Flagship 03 · Inference

air-runtime

Adaptive inference runtime patterns for constrained hardware.

A runtime R&D project combining speculative decoding, KV-cache compression, and routing to make smaller devices more useful for local AI workloads.

Focus

Edge AI

Constraint

Limited VRAM

Layer

Runtime

What shipped

Runtime-level optimization design around constrained hardware

Composable speculative decoding and routing primitives

Memory-pressure framing through KV-cache compression

Architecture map

Speculative decoding explores faster generation paths through draft-and-verify behavior.

KV-cache compression targets memory pressure during longer interactions.

Routing logic chooses a path based on the request and available compute budget.

Context

Edge AI work becomes real when the hardware budget is fixed.
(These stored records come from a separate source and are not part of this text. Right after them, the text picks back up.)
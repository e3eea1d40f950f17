// Items that follow one another, and readers that never end.

use crate::checks::is_refused_at;
use crate::devices::{Failing, is_its_fault};
use cbor_serde::{Error, Options, Result as Answer, Stream, from_reader};
use serde::DeserializeOwned;
use std::alloc::Global;
use std::io;
use std::process::Abort;
use test_checks::{Verdict, is_refused};

// Whether the type refuses the item; its message takes memory.
fn does_not_fit(error: &Error) -> bool {
    error.is_data() || error.is_memory()
}

// A refusal with these words is next, and then nothing.
fn ends_by<R: io::Read + Drop, T: DeserializeOwned>(
    rt: &impl Abort,
    items: &mut Stream<R, T>,
    words: &str,
) -> Verdict {
    is_refused(items.next().ok_or("none")?, words)?;
    ends(rt, items);
    Ok(())
}

// Nothing is next.
fn ends<R: io::Read + Drop, T: DeserializeOwned>(rt: &impl Abort, items: &mut Stream<R, T>) {
    assert!(rt; items.next().is_none());
}

// RFC 7049, Appendix A: [1, 2, 3], [] and "IETF".
#[test]
fn gives_items_one_by_one(rt: HostRuntime) -> Verdict {
    let mut items = Stream::<_, Vec<u8>>::new(rt.alloc(), b"\x83\x01\x02\x03\x80".as_slice());
    assert_eq!(rt;
        items.next().ok_or("none")??.as_slice(),
        [1, 2, 3].as_slice()
    );
    assert!(rt; items.next().ok_or("none")??.is_empty());
    ends(&rt, &mut items);
    ends(&rt, &mut items);
    Ok(())
}

#[test]
fn ends_at_a_fault(rt: HostRuntime) -> Verdict {
    let mut cut = Stream::<_, String>::new(rt.alloc(), b"\x64IETF\x64IE".as_slice());
    assert_eq!(rt; cut.next().ok_or("none")??.as_str(), "IETF");
    ends_by(&rt, &mut cut, "EOF while parsing a value at offset 3")?;
    let flat = Options::new().nesting_limit(0);
    let mut deep = Stream::<_, Vec<u8>>::with_options(flat, rt.alloc(), b"\x80".as_slice());
    ends_by(&rt, &mut deep, "recursion limit exceeded at offset 1")
}

#[test]
fn ends_at_another_type(rt: HostRuntime) -> Verdict {
    let mut other = Stream::<_, u8>::new(rt.alloc(), b"\x64IETF\x01".as_slice());
    assert!(rt; matches!(other.next(), Some(Err(error)) if does_not_fit(&error)));
    ends(&rt, &mut other);
    Ok(())
}

#[test]
fn reports_a_fault_of_the_reader(rt: HostRuntime) -> Verdict {
    let mut items = Stream::<_, u8>::new(rt.alloc(), Failing { given: false });
    is_its_fault(&rt, items.next().ok_or("none")?)?;
    ends(&rt, &mut items);
    Ok(())
}

// It gives one byte without end.
#[derive(Drop)]
struct Endless(u8);

impl io::Read for Endless {
    fn read(&mut self, buf: &mut [u8]) -> io::Result<usize> {
        for byte in buf.iter_mut() {
            *byte = self.0;
        }
        Ok(buf.len())
    }
}

fn of_endless(alloc: Global, byte: u8) -> Answer<u8> {
    from_reader(alloc, Endless(byte))
}

const ENDLESS: &[(u8, &str)] = &[
    (1, "trailing data at offset 2"),
    (0x81, "recursion limit exceeded at offset 128"),
];

#[test]
fn takes_no_more_than_the_item(rt: HostRuntime) -> Verdict {
    for (row, (byte, words)) in ENDLESS.iter().enumerate() {
        is_refused_at(row, of_endless(rt.alloc(), *byte), words)?;
    }
    Ok(())
}

#[test]
fn takes_no_more_than_each_item(rt: HostRuntime) -> Verdict {
    let mut ones = Stream::<_, u8>::new(rt.alloc(), Endless(1));
    assert_eq!(rt; ones.next().ok_or("none")??, 1);
    assert_eq!(rt; ones.next().ok_or("none")??, 1);
    Ok(())
}

// What a type refuses stands before the fault in it.
#[test]
fn refuses_by_what_comes_first(rt: HostRuntime) -> Verdict {
    let text: &[u8] = b"\x82\x61a\x62\xc3\x28";
    assert!(rt;
        matches!(from_reader::<_, (u8, u8)>(rt.alloc(), text), Err(error) if does_not_fit(&error))
    );
    is_refused(
        from_reader::<_, (String, String)>(rt.alloc(), text),
        "invalid UTF-8 at offset 4",
    )
}
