// A reader that waits for its peer: no byte is asked for behind the item that is given.

use cbor_serde::{Item, Stream};
use std::alloc::Global;
use std::io;
use std::process::Abort;
use test_checks::Verdict;

// It gives so many bytes a call at most, and counts them and the calls.
#[derive(Drop)]
struct Peer<'a> {
    rest: &'a [u8],
    at_once: usize,
    given: usize,
    calls: usize,
}

impl io::Read for Peer<'_> {
    fn read(&mut self, buf: &mut [u8]) -> io::Result<usize> {
        self.calls = self.calls.saturating_add(1);
        let count = buf.len().min(self.rest.len()).min(self.at_once);
        buf[..count].copy_from_slice(&self.rest[..count]);
        self.rest = &self.rest[count..];
        self.given = self.given.saturating_add(count);
        Ok(count)
    }
}

// Of these items, one behind the other, the first is given for its bytes alone.
fn asks_for(rt: &impl Abort, alloc: Global, item: &[u8]) -> Verdict {
    let mut bytes = Vec::from_slice(alloc, item)?;
    bytes.extend_from_slice(item)?;
    for at_once in [1, 3, 100] {
        let mut peer = Peer {
            rest: &bytes,
            at_once,
            given: 0,
            calls: 0,
        };
        let mut items = Stream::<_, Item>::new(alloc, &mut peer);
        items.next().ok_or("none")??;
        drop(items);
        assert!(rt; peer.given == item.len(), "{item:?}, {at_once} at once");
        assert!(rt; peer.calls <= item.len(), "{item:?}, {at_once} at once");
    }
    Ok(())
}

// RFC 7049, Appendix A: 0, -257, "IETF", "streaming", [1, [2, 3]], [_ 1], {"a": 1} and {_ "a": 1}.
#[test]
fn asks_for_no_byte_behind_an_item(rt: HostRuntime) -> Verdict {
    let alloc = rt.alloc();
    for item in [
        b"\x00".as_slice(),
        b"\x39\x01\x00",
        b"\x64IETF",
        b"\x7f\x65strea\x64ming\xff",
        b"\x82\x01\x82\x02\x03",
        b"\x9f\x01\xff",
        b"\xa1\x61a\x01",
        b"\xbf\x61a\x01\xff",
    ] {
        asks_for(&rt, alloc, item)?;
    }
    Ok(())
}
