//! Structs that derive the kit's `serde`: names, defaults, fields that are left out, flattened
//! ones.
#![tactic(auto)]

use serde::{Deserialize, Serialize};

/// Fields by their names.
#[derive(Debug, Drop, Serialize, Deserialize)]
pub struct User {
    pub user_id: u32,
    pub admin: bool,
}

/// Names in another case, a text that the input lends, and a field with a default.
#[derive(Debug, Drop, Serialize, Deserialize)]
#[serde(rename_all = "camelCase")]
pub struct Moon<'a> {
    pub name: &'a str,
    pub orbit_days: u64,
    #[serde(default)]
    pub craters: Vec<u32>,
}

/// A default, a field that is never written, one that is left out, another name and an alias.
#[derive(Debug, Drop, Serialize, Deserialize)]
pub struct Tuned {
    #[serde(default)]
    pub level: u8,
    #[serde(skip)]
    pub hidden: u8,
    #[serde(skip_serializing_if = "Option::is_none")]
    pub note: Option<bool>,
    #[serde(rename = "n", alias = "num")]
    pub number: i64,
}

/// The fields of another type among its own.
#[derive(Debug, Drop, Serialize, Deserialize)]
pub struct Outer {
    pub id: u8,
    #[serde(flatten)]
    pub inner: User,
    pub last: f64,
}

/// Fields that it does not have are refused.
#[derive(Debug, Drop, Serialize, Deserialize)]
#[serde(deny_unknown_fields)]
pub struct Strict {
    pub a: u8,
    pub b: Option<u8>,
}

/// A type that contains itself.
#[derive(Debug, Drop, Serialize, Deserialize)]
#[serde(recursive)]
pub struct Tree {
    pub v: u8,
    #[serde(recursive)]
    pub kids: Vec<Tree>,
}
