// Floats of RFC 7049, Appendix A, in their own width and in the shortest.

use crate::checks::{is_written, is_written_with};
use cbor_serde::Options;
use test_checks::Verdict;

#[test]
fn keeps_their_width(rt: HostRuntime) -> Verdict {
    let doubles: [(f64, &[u8]); 2] = [
        (1.1, b"\xfb\x3f\xf1\x99\x99\x99\x99\x99\x9a"),
        (f64::INFINITY, b"\xfb\x7f\xf0\0\0\0\0\0\0"),
    ];
    for (number, bytes) in &doubles {
        is_written(&rt, rt.alloc(), number, bytes)?;
    }
    is_written(&rt, rt.alloc(), &f32::NEG_INFINITY, b"\xfa\xff\x80\0\0")
}

#[test]
fn shortens_them(rt: HostRuntime) -> Verdict {
    let shortest: [(f64, &[u8]); 8] = [
        (1.5, b"\xf9\x3e\0"),
        (65504.0, b"\xf9\x7b\xff"),
        (100000.0, b"\xfa\x47\xc3\x50\0"),
        (5.960464477539063e-8, b"\xf9\0\x01"),
        (1.1, b"\xfb\x3f\xf1\x99\x99\x99\x99\x99\x9a"),
        (f64::INFINITY, b"\xf9\x7c\0"),
        (f64::NAN, b"\xf9\x7e\0"),
        (-0.0, b"\xf9\x80\0"),
    ];
    let options = Options::new().shortest_floats();
    for (number, bytes) in &shortest {
        is_written_with(&rt, options, rt.alloc(), number, bytes)?;
    }
    Ok(())
}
Memory, latency, and model choice stop being abstract benchmarks and start shaping every interaction.

air-runtime asks what the runtime can do to stretch constrained hardware without pretending it is a cloud GPU.

Constraints

Limited memory forces explicit tradeoffs around context length and cache behavior.

Latency targets have to be felt by the user, not only reported as benchmark numbers.

Runtime complexity has to stay legible enough to debug on real devices.

Tradeoffs

Focused on runtime primitives before building a polished end-user assistant.

Preferred composable mechanisms over a single monolithic optimization.

Kept the project exploratory because hardware behavior should drive the final API.

Outcomes

Built a credible edge-inference proof point around systems constraints.

Connected model-serving ideas to practical local hardware usage.

Lessons

The runtime is where model capability becomes user experience.

Good AI infrastructure starts by admitting resource limits.